— WHAT YOU WILL DO —
Which lines of the records below contain the word "site"? Report each of them in full.

— RECORD EXTRACTS —
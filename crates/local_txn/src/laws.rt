//! Laws of local transactions, each as a function that does nothing.
ghost use Rattle.local_txn.specs.Laws.{StampsOfABlockRise, SoundSchemasFillFreely};

/// The stamps that a block gives rise from the site's last one, each of its changes that fills a STAMP column in with
/// one of its own, above the stamps that were there; and the clock stands still.
pub fn stamps_of_a_block_rise()
    ensures { StampsOfABlockRise }
{}

/// In a schema that breaks no rule the columns that a site fills are no key columns and stand in no secondary
/// constraint, so that base rows can be filled in.
pub fn sound_schemas_fill_freely()
    ensures { SoundSchemasFillFreely }
{}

— RESPONSE TO THE TASK —
/// The stamps that a block gives rise from the site's last one, each of its changes that fills a STAMP column in with
/// In a schema that breaks no rule the columns that a site fills are no key columns and stand in no secondary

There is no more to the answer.